Does setting MQGMO_SYNCPOINT is only related to my program's invocation ?
(because similar programs running parallely will also be putting messages on the same queue and those messages should not gett affected by my program's SYNCPOINT.)
public void sendMsg() {
MQQueue queue = null;
MQQueueManager queueManager = null;
MQMessage mqMessage = null;
MQPutMessageOptions pmo = null;
System.out.println("Entering..");
try {
MQEnvironment.hostname = "x.x.x.x";
MQEnvironment.channel = "xxx.SVRCONN";
MQEnvironment.port = 9999;
queueManager = new MQQueueManager("XXXQMANAGER");
int openOptions = MQConstants.MQOO_OUTPUT;
queue = queueManager.accessQueue("XXX_QUEUENAME", openOptions, null, null, null);
pmo = new MQPutMessageOptions();
pmo.options = CMQC.MQGMO_SYNCPOINT;
String input = "testing";
System.out.println("sending messages....");
for (int i = 0; i < 10; i++) {
input = input + ": " + i;
mqMessage = new MQMessage();
mqMessage.writeString(input);
System.out.println("Putting message: " + i);
queue.put(mqMessage, pmo);
}
queueManager.commit();
System.out.println("Exiting..");
} catch (Exception e) {
e.printStackTrace();
try {
System.out.println("rolling back messages");
if (queueManager != null)
queueManager.backout();
} catch (MQException e1) {
e1.printStackTrace();
}
} finally {
try {
if (queue != null)
queue.close();
if (queueManager != null)
queueManager.close();
} catch (MQException e) {
e.printStackTrace();
}
}
}
WMQ supports both local and global (XA) units of work. The local units of work are available simply by specifying the option. Global XA transactions require a transaction manager, as mentioned by keithkreissl in another answer.
For what you described, a POJO doing messaging under syncpoint, specify MQC.MQGMO_SYNCPOINT in your MQGetMessageOptions.
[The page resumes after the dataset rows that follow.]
//! Types that a text describes.
ghost use Rattle.std.specs.Prelude.{◌≡◌, ◌+◌, ◌++◌, ◌<◌, ◌≤◌, ℕ, IfErr, IfOk, IsTrue, List, MatchOption, Option, Some, length, is_ok, is_some, map, option_map, slice_get, take};
ghost use Rattle.std.specs.Iterator.{at_most};
ghost use Rattle.infer.specs.First.{IsAnswer, IsFirstOf};
ghost use Rattle.infer.specs.Row.{Accepts};
ghost use Rattle.infer.specs.Table.{table};
ghost use Rattle.infer.specs.Triple.{Triple};
ghost use Rattle.infer_more.specs.Entries.{left_lines, row_lines};
ghost use Rattle.infer_more.specs.Line.{Row};
ghost use Rattle.infer_more.specs.Text.{Answers, IsAnswerLine, IsFirstShown, IsNextRow, IsOwnAnswer, LineAnswers, IsTypesAnswer, NextShown, IsMistake, found_shows, left_size, lines_of, rows_left, rows_of};
ghost use Rattle.infer_more.specs.Wider.{IsWiderAnswer};

mod entries;
mod line;
mod lines;
mod names;

use crate::answers;
use entries::{Entries, entries_of};
use infer::MatcherType;
use infer_notation::{Flaw, Reason};
use line::{answer_of, check as check_line, row_shown};
use lines::next_line;

/// A type that was found: a class, a MIME type and an extension.
#[derive(Clone, Copy)]
pub struct Found<'a> {
    pub(crate) matcher_type: MatcherType,
    pub(crate) mime_type: &'a str,
    pub(crate) extension: &'a str,
}

/// What is wrong with a text, and where: the line and the column, both from 1. A column counts bytes.
#[derive(Clone, Copy, Debug)]
pub struct Mistake {
    pub reason: Reason,
    pub line: usize,
    pub column: usize,
}

/// Types that a text describes. A question reads only those of the first 160 that may fit, and all after them. It takes
/// some 5,200 bytes, whatever the text is.
#[derive(Clone, Copy)]
pub struct Types<'a> {
    text: &'a [u8],
    entries: Entries<'a>,
    ghost described: { IsTrue (is_some (rows_of text.now)) },
    ghost known: { row_lines (lines_of text.now)
        ≡ map (λ e. e.line.now) (take entries.count entries.items) ++ row_lines (left_lines (option_map (λ left. left.now) entries.after)) },
}

impl<'a> Found<'a> {
    /// The class.
    pub fn matcher_type(&self) -> MatcherType
        ensures { result ≡ (found_shows self.now).class }
    {
        self.matcher_type
    }

    /// The MIME type.
    pub fn mime_type(&self) -> &'a str
        ensures { result.now ≡ (found_shows self.now).mime_type }
    {
        self.mime_type
    }

    /// The extension, without a dot.
    pub fn extension(&self) -> &'a str
        ensures { result.now ≡ (found_shows self.now).extension }
    {
        self.extension
    }
}

impl<'a> Types<'a> {
    /// The types that the text describes, and the first mistake exactly if it describes none.
    pub fn new(text: &'a [u8]) -> Result<Types<'a>, Mistake>
        ensures described { is_ok result ≡ is_some (rows_of text.now) }
        ensures text { IfOk result (λ types. types.text.now ≡ text.now) }
        ensures mistake { IfErr result (IsMistake text.now) }
    {
        check(text)?;
        let entries = entries_of(text);
        Ok(Types { text, entries })
    }

    /// The rows of the text, from the first on.
    pub fn rows(&self) -> Rows<'a>
        ensures { option_map (λ text. text.now) result.rest ≡ Some self.now.text.now }
    {
        Rows {
            rest: Some(self.text),
        }
    }

    /// What the first row shows that is asked below the built-in answer of the buffer and accepts it, and the wider
    /// answer if there is none.
    pub fn get(&self, buf: &[u8]) -> Option<Found<'a>>
        ensures { (rows : List Row) → rows_of self.now.text.now ≡ Some rows
            → IsTypesAnswer rows buf.now (option_map found_shows result) }
    {
        let parent = infer::position(buf);
        let extension = built_in(parent, buf);
        match self.find(extension, buf) {
            Some(found) => Some(found),
            None => wider(parent, buf),
        }
    }

    /// What the first row shows that is asked below the built-in answer with this extension, or none, and accepts the
    /// buffer.
    fn find(&self, extension: Option<&[u8]>, buf: &[u8]) -> Option<Found<'a>>
        ensures { (rows : List Row) → rows_of self.now.text.now ≡ Some rows
            → IsFirstShown (Answers (option_map (λ e. e.now) extension.entry) buf.now) rows
            (option_map found_shows result) }
    {
        match self.entries.find(extension, buf) {
            Some(found) => Some(found),
            None => find_left(self.entries.after, extension, buf),
        }
    }
}

/// The rows that are left of a text, each as what it shows.
#[derive(Clone, Copy)]
pub struct Rows<'a> {
    rest: Option<&'a [u8]>,
}

impl<'a> Iterator for Rows<'a> {
    type Item = Found<'a>;

    // A text that describes rows has that one next which its rows begin with.
    ghost next_gives = { NextShown };

    // Each takes a byte of the text at least, and the last what ends the text.
    ghost remaining = { λ rows. at_most (left_size rows) };

    /// What the next row shows, and `None` if none is left.
    fn next(&mut self) -> Option<Found<'a>> {
        self.next_row()
    }
}

impl<'a> Rows<'a> {
    fn next_row(&mut self) -> Option<Found<'a>>
        ensures next { (rows : List Row)
            → rows_left (option_map (λ text. text.now) self.old.rest) ≡ Some rows
            → IsNextRow rows (option_map found_shows result)
            (rows_left (option_map (λ text. text.now) self.new.rest)) }
        ensures fewer { MatchOption result (left_size self.new ≤ left_size self.old)
            (λ found. left_size self.new < left_size self.old) }
    {
        while let Some(text) = self.rest {
            let (line, after) = next_line(text);
            self.rest = after;
            if let Some(found) = row_shown(line) {
                return Some(found);
            }
        }
        None
    }
}

/// What the first row of the text shows that is asked below the built-in answer of the buffer and accepts it, and the
/// wider answer if there is none. Nothing is promised of a text with a mistake: [`check`] reports it.
///
/// ```
/// let text = b"draw image/x-drawing image - 4: @0 \"DRAW\"";
/// let found = types::get(text, b"DRAW 1").ok_or("a drawing")?;
/// assert_eq!(rt; found.mime_type(), "image/x-drawing");
/// ```
pub fn get<'a>(text: &'a [u8], buf: &[u8]) -> Option<Found<'a>>
    ensures { (rows : List Row) → rows_of text.now ≡ Some rows
        → IsTypesAnswer rows buf.now (option_map found_shows result) }
{
    let parent = infer::position(buf);
    let extension = built_in(parent, buf);
    match find(text, extension, buf) {
        Some(found) => Some(found),
        None => wider(parent, buf),
    }
}

/// What the first row of the text shows that is asked below the built-in answer of the buffer and accepts it, and `None` if
/// there is none. The wider answer is not asked. Nothing is promised of a text with a mistake.
pub fn own<'a>(text: &'a [u8], buf: &[u8]) -> Option<Found<'a>>
    ensures { (rows : List Row) → rows_of text.now ≡ Some rows
        → IsOwnAnswer rows buf.now (option_map found_shows result) }
{
    own_below(infer::position(buf), text, buf)
}

/// [`own`] where the number of the built-in answer is known already.
pub fn own_below<'a>(parent: Option<usize>, text: &'a [u8], buf: &[u8]) -> Option<Found<'a>>
    requires { IsFirstOf (Accepts buf.now) table parent }
    ensures { (rows : List Row) → rows_of text.now ≡ Some rows
        → IsOwnAnswer rows buf.now (option_map found_shows result) }
{
    let extension = built_in(parent, buf);
    find(text, extension, buf)
}

/// The number, from 1, of the line whose type [`get`] answers, and `None` if no line's type is the answer, so that the
/// wider answer is. Nothing is promised of a text with a mistake.
pub fn answer_line(text: &[u8], buf: &[u8]) -> Option<usize>
    ensures { IsTrue (is_some (rows_of text.now)) → IsAnswerLine text.now buf.now result }
{
    let extension = built_in(infer::position(buf), buf);
    find_line(text, extension, buf)
}

/// The number of the first line whose row is asked below the built-in answer with this extension, or none, and accepts
/// the buffer.
fn find_line(text: &[u8], extension: Option<&[u8]>, buf: &[u8]) -> Option<usize>
    ensures { IsTrue (is_some (rows_of text.now)) → (place : Option ℕ)
        × IsFirstOf (LineAnswers (option_map (λ e. e.now) extension.entry) buf.now)
        (lines_of text.now) place
        × (result ≡ option_map (λ i. i + 1) place) }
{
    let mut rest = text;
    let mut number = 1;
    loop {
        let (line, after) = next_line(rest);
        if answer_of(line, extension, buf).is_some() {
            return Some(number);
        }
        match after {
            Some(more) => rest = more,
            None => return None,
        }
        number += 1;
    }
}

/// The extension of the built-in answer of the buffer, whose number this is.
fn built_in(parent: Option<usize>, buf: &[u8]) -> Option<&'static [u8]>
    requires { IsFirstOf (Accepts buf.now) table parent }
    ensures { (found : Option Triple) × IsAnswer (Accepts buf.now) table found
        × (option_map (λ e. e.now) result ≡ option_map (λ p. p.extension) found) }
{
    let _ = buf;
    match parent {
        Some(row) => extension_of(row),
        None => None,
    }
}

/// The extension of the built-in row of that number.
fn extension_of(row: usize) -> Option<&'static [u8]>
    ensures { option_map (λ e. e.now) result
        ≡ option_map (λ r. r.shows.extension) (slice_get table row) }
{
    match infer::row(row) {
        Some(found) => Some(found.extension().as_bytes()),
        None => None,
    }
}

/// The wider answer of a buffer whose built-in answer is this.
fn wider<'a>(parent: Option<usize>, buf: &[u8]) -> Option<Found<'a>>
    requires { IsFirstOf (Accepts buf.now) table parent }
    ensures { IsWiderAnswer buf.now (option_map found_shows result) }
{
    match answers::get_below(parent, buf) {
        Some(found) => Some(Found {
            matcher_type: found.matcher_type(),
            mime_type: found.mime_type(),
            extension: found.extension(),
        }),
        None => None,
    }
}

/// [`find`] in what is left of a text.
fn find_left<'a>(left: Option<&'a [u8]>, extension: Option<&[u8]>, buf: &[u8]) -> Option<Found<'a>>
    ensures { (rows : List Row) → rows_left (option_map (λ text. text.now) left.entry) ≡ Some rows
        → IsFirstShown (Answers (option_map (λ e. e.now) extension.entry) buf.now) rows
        (option_map found_shows result) }
{
    match left {
        Some(text) => find(text, extension, buf),
        None => None,
    }
}

/// What the first row of the text shows that is asked below the built-in answer with this extension, or none, and accepts
/// the buffer.
fn find<'a>(text: &'a [u8], extension: Option<&[u8]>, buf: &[u8]) -> Option<Found<'a>>
    ensures { (rows : List Row) → rows_of text.now ≡ Some rows
        → IsFirstShown (Answers (option_map (λ e. e.now) extension.entry) buf.now) rows
        (option_map found_shows result) }
{
    let mut rest = text;
    loop {
        let (line, after) = next_line(rest);
        if let Some(found) = answer_of(line, extension, buf) {
            return Some(found);
        }
        match after {
            Some(more) => rest = more,
            None => return None,
        }
    }
}

/// Whether each line of the text describes a type or none, and else the first mistake.
pub fn check(text: &[u8]) -> Result<(), Mistake>
    ensures described { is_ok result ≡ is_some (rows_of text.now) }
    ensures mistake { IfErr result (IsMistake text.now) }
{
    let mut rest = text;
    let mut number = 1;
    loop {
        let (line, after) = next_line(rest);
        if let Err(flaw) = check_line(line) {
            return Err(placed(line, number, flaw));
        }
        match after {
            Some(more) => rest = more,
            None => return Ok(()),
        }
        number += 1;
    }
}

/// What is wrong with the line of this number.
fn placed(line: &[u8], number: usize, flaw: Flaw) -> Mistake
    requires { flaw.left ≤ length line.now }
    ensures line { result.line ≡ number }
    ensures column { result.column + flaw.left ≡ length line.now + 1 }
    ensures reason { result.reason ≡ flaw.reason }
{
    Mistake {
        reason: flaw.reason,
        line: number,
        column: line.len() - flaw.left + 1,
    }
}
When you are ready to commit, issue the MQQManager.commit() or MQQManager.backout() call.
Note that the response and doc provided by ggrandes refers to the JMS and not Java classes. The Java classes use Java equivalents of the WMQ procedural API, can support many threads (doc) and even provide connection pooling (doc). Please refer to the Java documentation rather than the JMS documentation for the correct behavior. Also, I've linked to the WMQ V7.5 documentation which goes with the latest WMQ Java V7.5 client. The later clients have a lot more local functionality (tracing, flexible install path, MQClient.ini, etc.) and work with back-level QMgrs. It is highly recommended to be using the latest client and the download is free.
you only need to create a session with transaction enabled.
Session session;
// ...
boolean transacted = true;
session = connection.createSession(transacted, Session.AUTO_ACKNOWLEDGE);
try {
// ...do things...
session.commit();
} catch (Exception e) {
session.rollback();
}
// ...
WARN-NOTE: Sessions are not thread-safe ;-)
Doc Websphere MQ/JMS
If you have access to a transaction manager and more importantly an XATransaction wired up to your MQ access, you can start a transaction at the beginning of your message processing put all the messages on the queue then commit the transaction. Using the XATransactions it will not put any messages until the transaction commits. If you don't have access to that, you can do a little more plumbing by placing your messages in a local data object, wrap your code in a try/catch if no exceptions iterate through the local data object sending the messages. The issue with the later approach is that it will commit all your other processing but if a problem occurs in the sending of messages your other processing will not be rolled back.